(SUPPLIED RECORDS begins)

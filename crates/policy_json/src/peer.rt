// The `spec` of a PeerAuthentication.
ghost use Rattle.std.specs.Prelude.{◌≡◌, IfOk, IsTrue, option_map};
ghost use Rattle.std.specs.Option.{ForSome};
ghost use Rattle.serde_json.specs.View.{view};
ghost use Rattle.mesh_doc.specs.Faults.{Reads};
ghost use Rattle.mesh_doc.specs.Fields.{spec_of, unless_null};
ghost use Rattle.mesh_policy.specs.AcceptedBundle.{AcceptedPeer};
ghost use Rattle.mesh_text.specs.Dns.{is_label, is_subdomain};
ghost use Rattle.mesh_text.specs.Time.{is_time};
ghost use Rattle.policy_json.specs.Peer.{mode_faults, mode_in, mtls_faults, mtls_in, mode_of, port_faults, port_in, ports_faults, ports_in, peer_faults, peer_in};

use crate::labels::{SELECTOR, Selector};
use crate::ports::port_named;
use mesh_doc::{DocError, Entry, Form, Place, Reason, Spot, empty_object, members, optional};
use mesh_policy::{Mode, PeerAuthentication, PortMode};
use mesh_text::{List, Text};
use serde_json::Value;
use std::alloc::Global;

const MTLS: &str = "mtls";

const PORT_LEVEL_MTLS: &str = "portLevelMtls";

const MODE: &str = "mode";

const UNSET: &str = "UNSET";

const DISABLE: &str = "DISABLE";

const PERMISSIVE: &str = "PERMISSIVE";

const STRICT: &str = "STRICT";

/// The PeerAuthentication that the `spec` at `at` means (Istio reference, PeerAuthentication), or its first
/// fault: UnknownField, WrongType, BadEnum, BadPort. None stands for a `spec` that is not written or `null`.
pub fn read_peer_at(
    alloc: Global,
    name: Text,
    namespace: Text,
    age: Option<Text>,
    spec: Option<&Value>,
    at: &Spot,
) -> Result<PeerAuthentication, DocError>
    ensures reads { Reads result
        (peer_faults (spec_of (option_map (λ v. view v.now) spec.entry)) at.now)
        (peer_in name namespace age (spec_of (option_map (λ v. view v.now) spec.entry))) }
    ensures accepted { IsTrue (is_subdomain name) → IsTrue (is_label namespace) → ForSome age (λ time. IsTrue (is_time time))
        → IfOk result AcceptedPeer }
{
    let empty = empty_object(alloc);
    read_spec(alloc, name, namespace, age, spec.unwrap_or(&empty), at)
}

/// As `read_peer_at`, of the `spec` at `place`.
pub fn read_peer(
    alloc: Global,
    name: Text,
    namespace: Text,
    age: Option<Text>,
    spec: Option<&Value>,
    place: &Place,
) -> Result<PeerAuthentication, DocError>
    ensures reads { Reads result
        (peer_faults (spec_of (option_map (λ v. view v.now) spec.entry)) place.now)
        (peer_in name namespace age (spec_of (option_map (λ v. view v.now) spec.entry))) }
    ensures accepted { IsTrue (is_subdomain name) → IsTrue (is_label namespace) → ForSome age (λ time. IsTrue (is_time time))
        → IfOk result AcceptedPeer }
{
    read_peer_at(alloc, name, namespace, age, spec, &Spot::of(place))
}

#[tactic(auto, unfolding(crate::specs::Peer::peer_faults, crate::specs::Peer::peer_in))]
fn read_spec(
    alloc: Global,
    name: Text,
    namespace: Text,
    age: Option<Text>,
    v: &Value,
    at: &Spot,
) -> Result<PeerAuthentication, DocError>
    ensures { Reads result
        (peer_faults (view v.now) at.now)
        (peer_in name namespace age (view v.now)) }
{
    at.only_fields(alloc, v, &[SELECTOR, MTLS, PORT_LEVEL_MTLS])?;
    let labels = optional::<Selector>(alloc, v, SELECTOR, at)?;
    let mode = optional::<Mtls>(alloc, v, MTLS, at)?;
    let ports = optional::<Ports>(alloc, v, PORT_LEVEL_MTLS, at)?;
    Ok(PeerAuthentication {
        name,
        namespace,
        age,
        labels: labels.unwrap_or(List::new(alloc)),
        mode: mode.unwrap_or(None),
        ports: ports.unwrap_or(List::new(alloc)),
    })
}

struct ModeWord;

impl Form for ModeWord {
    type Out = Option<Mode>;

    ghost faults = { mode_faults };

    ghost value = { mode_in };

    #[tactic(auto, unfolding(crate::specs::Peer::mode_faults, crate::specs::Peer::mode_in, mesh_doc::specs::Kinds::text_faults, mesh_doc::specs::Kinds::text_in))]
    fn read(alloc: Global, v: &Value, at: &Spot) -> Result<Option<Mode>, DocError> {
        let Value::String(word) = v else {
            return Err(at.refuse(alloc, Reason::WrongType));
        };
        match mode_named(word.as_str()) {
            Some(mode) => Ok(mode),
            None => Err(at.refuse(alloc, Reason::BadEnum)),
        }
    }
}

// The mode of that name, with None for UNSET.
fn mode_named(word: &str) -> Option<Option<Mode>>
    ensures { result ≡ mode_of word.now }
{
    if word == UNSET {
        return Some(None);
    }
    if word == DISABLE {
        return Some(Some(Mode::Disable));
    }
    if word == PERMISSIVE {
        return Some(Some(Mode::Permissive));
    }
    if word == STRICT {
        return Some(Some(Mode::Strict));
    }
    None
}

struct Mtls;

impl Form for Mtls {
    type Out = Option<Mode>;

    ghost faults = { mtls_faults };

    ghost value = { mtls_in };

    #[tactic(auto, unfolding(crate::specs::Peer::mtls_faults, crate::specs::Peer::mtls_in))]
    fn read(alloc: Global, v: &Value, at: &Spot) -> Result<Option<Mode>, DocError> {
        at.only_fields(alloc, v, &[MODE])?;
        let mode = optional::<ModeWord>(alloc, v, MODE, at)?;
        Ok(mode.unwrap_or(None))
    }
}

struct PortEntry;

impl Entry for PortEntry {
    type Out = PortMode;

    ghost faults = { port_faults };

    ghost value = { port_in };

    #[tactic(auto, unfolding(crate::specs::Peer::port_faults, crate::specs::Peer::port_in))]
    fn read(alloc: Global, key: &str, v: &Value, at: &Spot) -> Result<PortMode, DocError> {
        let Some(port) = port_named(key) else {
            return Err(at.refuse(alloc, Reason::BadPort));
        };
        let empty = empty_object(alloc);
        let mtls = unless_null(v).unwrap_or(&empty);
        Ok(PortMode {
            port,
            mode: Mtls::read(alloc, mtls, at)?,
        })
    }
}

fn unless_null(v: &Value) -> Option<&Value>
    ensures { option_map (λ x. view x.now) result ≡ unless_null (view v.now) }
{
    match v {
        Value::Null => None,
        found => Some(found),
    }
}

struct Ports;

impl Form for Ports {
    type Out = List<PortMode>;

    ghost faults = { ports_faults };

    ghost value = { ports_in };

    #[tactic(auto, unfolding(crate::specs::Peer::ports_faults, crate::specs::Peer::ports_in))]
    fn read(alloc: Global, v: &Value, at: &Spot) -> Result<List<PortMode>, DocError> {
        members::<PortEntry>(alloc, v, at)
    }
}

(SUPPLIED RECORDS ends)

### PROBLEM
Which lines of the entries above contain the word "impl"? Copy each of them.

### EXPECTED OUTPUT
impl Form for ModeWord {
impl Form for Mtls {
impl Entry for PortEntry {
impl Form for Ports {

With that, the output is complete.